**Exercise data:**
# # #

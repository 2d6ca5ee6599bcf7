// The events of the platform, and the rules that read an event alone: its checks, the press that it concerns, and what
// it asks the registry.

#![tactic(auto)]

pub mod arbitration_event;
pub mod checks;
pub mod error;
pub mod event;
pub mod presses;

ghost use Rattle.input_events.specs.Claims.{EventClaims};

// What holds of the events' definitions: the counter table's rows, the numbers, an event's own press, and where hits
// are asked for.
pub fn event_claims()
    ensures { EventClaims }
{}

# # #

**What you will do:** Search the data for "pub mod arbitration_event;". Beginning with that line, set down every line through the last exactly.

**Solution to the exercise:**
pub mod arbitration_event;
pub mod checks;
pub mod error;
pub mod event;
pub mod presses;

ghost use Rattle.input_events.specs.Claims.{EventClaims};

// What holds of the events' definitions: the counter table's rows, the numbers, an event's own press, and where hits
// are asked for.
pub fn event_claims()
    ensures { EventClaims }
{}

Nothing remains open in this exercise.